It’s barely still morning; unless I finish this in 20 mins!
It’s a strange life we lead, and not for everyone. I was reflecting on the biggest wall we face daily, and never overcome, the language wall. I choose to live as a stranger among strangers, which allows me utter privacy as no one can know me, even if they wanted to. The cultural barriers and language barriers in the places we have lived are immense. And yet there are always these breaches.
In church for example, I’m surrounded by believers, so we have a very strong bond even if we cannot talk. One time we came in at the last minute because traffic was so heavy going downtown and we wedged into the front pew on the very little side area in the cathedral, which is where we always sit. But in the pew was an African man, alone. Normally he has his wife and son with him. I don’t know him but I recognize him because he sits where we do. So they’d run out of programs for the service which meant we could only participate in the parts we memorized, but not the parts that change week to week. That man kindly, silently, shared his with us for the hour. Obviously we had a common language since we were both attending the English language service, but, in Shanghai that really just means the second language for most of the people attending. Most of the congregation has another mother tongue, but, chooses to worship in English rather than Mandarin.
Anyhow, the service that week ended and we got up to leave and I turned to him and said, “Asante sana” which means “thank you” in Kiswahili. He replied “Safi sana” meaning “you are very welcome”. It wasn’t until we were in the car that I realized we’d slipped into another tongue for a moment.

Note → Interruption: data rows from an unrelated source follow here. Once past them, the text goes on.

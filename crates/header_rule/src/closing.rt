//! The close: all passes become one seat, which knows all that was met; or the only pass gives its words.
ghost use Rattle.std.specs.Prelude.{◌≡◌, ℕ, ◌<◌, []};
ghost use Rattle.heap_base.specs.Counting.{bit, is_positive, times};
ghost use Rattle.header_rule.specs.declared.mark.Mark.{Mark};
ghost use Rattle.header_rule.specs.Views.{times_marked};
ghost use Rattle.header_rule.specs.Passes.{HasSeat, ArePassesOf, AreAllSeats, IsAlone, all_adds, all_wins, all_marks};
ghost use Rattle.header_rule.specs.Reaches.{view_of};
ghost use Rattle.header_rule.specs.Told.{TellOf};
ghost use Rattle.header_rule.specs.ClosedWords.{count_in, has_mark_in};

use crate::headers::Headers;
use crate::pass::Pass;
use crate::reach::Reach;
use crate::shared_words::SharedWords;
use crate::steps::Together;
use crate::store::{ClosedTable, WordStore};
use crate::view::View;
use crate::words::Words;
use atomic_table::Seat;

// One seat with all the rights and all that the passes met.
pub(crate) fn joined(shared: &SharedWords, mut passes: Vec<Pass>) -> Seat<(), View>
    requires { AreAllSeats shared.now passes.items }
    ensures table { result.table_id ≡ shared.now.table.shared.table_id }
    ensures rights { result.me.0.rights ≡ 16 }
    ensures adds { (x : ℕ) → times x result.me.0.adds ≡ all_adds x passes.items }
    ensures wins { (x : ℕ) → times x result.me.0.wins ≡ all_wins x passes.items }
    ensures marks { (m : Mark) (x : ℕ) → times_marked m x result.me.0.marks ≡ all_marks m x passes.items }
{
    let Some(last) = passes.pop() else {
        unreachable!()
    };
    let mut whole = shared.seat_of(last);
    while let Some(pass) = passes.pop() {
        let seat = shared.seat_of(pass);
        let table = &shared.table.shared;
        table.join_seat::<Together>(&mut whole, seat);
    }
    whole
}

// The words of the only pass.
pub(crate) fn words_of_one(mut passes: Vec<Pass>, cells: u32) -> Words
    requires { IsAlone cells passes.items }
    ensures cells { result.cells ≡ cells }
    ensures tell { TellOf passes.items result }
{
    let Some(pass) = passes.pop() else {
        unreachable!()
    };
    let Pass { reach, .. } = pass;
    let Reach::Own(own) = reach else {
        unreachable!()
    };
    let store = WordStore::Read(own.into_words());
    Words { store, cells }
}

impl SharedWords {
    // The seat that a pass has on the table.
    fn seat_of(&self, pass: Pass) -> Seat<(), View>
        requires { HasSeat self.now pass }
        ensures table { result.table_id ≡ self.now.table.shared.table_id }
        ensures me { result.me ≡ (view_of pass.reach, []) }
    {
        let Pass { reach, .. } = pass;
        let Reach::Table(seat) = reach else {
            unreachable!()
        };
        seat
    }

    fn close(self, passes: Vec<Pass>) -> Words
        requires { AreAllSeats self passes.items }
        ensures cells { result.cells ≡ self.cells }
        ensures tell { TellOf passes.items result }
    {
        let seat = joined(&self, passes);
        let SharedWords { table, cells } = self;
        let closed = table.close_with(seat);
        let store = WordStore::Closed(ClosedTable { closed });
        Words { store, cells }
    }
}

impl Headers {
    /// The words, once nobody meets any more. It asks for all the passes that `make` gave, in order. The count
    /// of each cell is how often it stands in the adds of all passes; a mark is set exactly where some pass set
    /// it; and each cell that was met stands in all wins together exactly once.
    pub fn close(self, passes: Vec<Pass>) -> Words
        requires passes { ArePassesOf self passes.items }
        ensures cells { result.cells ≡ self.cells }
        ensures counts { (x : ℕ) → x < self.cells → count_in result x ≡ all_adds x passes.items }
        ensures marks { (m : Mark) (x : ℕ) → x < self.cells
            → has_mark_in m result x ≡ is_positive (all_marks m x passes.items) }
        ensures wins { (x : ℕ) → all_wins x passes.items ≡ bit (is_positive (all_adds x passes.items)) }
    {
        let Headers { shared, cells, .. } = self;
        match shared {
            Some(shared) => shared.close(passes),
            None => words_of_one(passes, cells),
        }
    }
}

There are always connections. Usually, actually, it’s our dog. People love her because she’s really, really cute. Sometimes it’s that we need a bank, or a toilet.

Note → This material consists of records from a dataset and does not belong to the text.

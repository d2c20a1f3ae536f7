//! The operations on objects, slots and roots.
ghost use Rattle.graph_meaning.specs.declared.event.Event.TheVariants.{Alloc, Store, SetWeak, Root};
ghost use Rattle.heap_parts.specs.Parts.{Steps};

use crate::parts::HeapParts;
use graph_meaning::Stop;
use heap_base::{Name, ObjId, ThreadNo};

impl HeapParts {
    /// Adds an object, also to every open region of the thread.
    pub(crate) fn alloc_object(
        &mut self,
        id: ObjId,
        kind: &Name,
        slots: u32,
        thread: ThreadNo,
    ) -> Result<(), Stop>
        ensures { Steps self.old (Alloc id kind.now slots thread) result self.new }
    {
        let Ok(()) = self.regions.reserve(thread) else {
            // what is refused is refused whether or not there is memory
            return match self.table.alloc_refusal(id, kind, slots) {
                Some(refusal) => Err(Stop::Refused(refusal)),
                None => Err(Stop::OutOfMemory),
            };
        };
        self.table.alloc_object(id, kind, slots)?;
        self.regions.note(thread, id);
        Ok(())
    }

    /// Lets a slot hold an object, or nothing.
    pub(crate) fn store(&mut self, at: ObjId, slot: u32, to: Option<ObjId>) -> Result<(), Stop>
        ensures { Steps self.old (Store at slot to) result self.new }
    {
        self.table.store(at, slot, to)?;
        Ok(())
    }

    /// Makes a slot weak, or no longer weak.
    pub(crate) fn set_weak(&mut self, at: ObjId, slot: u32, weak: bool) -> Result<(), Stop>
        ensures { Steps self.old (SetWeak at slot weak) result self.new }
    {
        self.table.set_weak(at, slot, weak)?;
        Ok(())
    }

    /// Lets a root hold an object, or takes it away.
    pub(crate) fn set_root(&mut self, name: &Name, to: Option<ObjId>) -> Result<(), Stop>
        ensures { Steps self.old (Root name.now to) result self.new }
    {
        self.table.set_root(name, to)
    }
}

Once, in downtown Amman in Jordan I needed a toilet. We’d been buying these really, really amazing camel blankets and I had gotten carried away and boy I needed a potty. But it’s a very old city and hard to navigate. But this man in the street, he figured out what I needed and walked me several blocks to this toilet, holding me by the elbow to navigate the crowds. He installed me sturdily by the toilet door and before releasing my elbow he looked me in the eyes and said, in English, “I’m Sikh. I am Sikh. Do you understand?” I nodded and said thank you. Jordan is my favourite country in the world and is a stew of believers, mostly Christian and Muslim. He wanted me to know, to understand. And I did, that it was his faith that drove his choices in life, including the one that gave him the compassion to lead a foreign woman to a public toilet.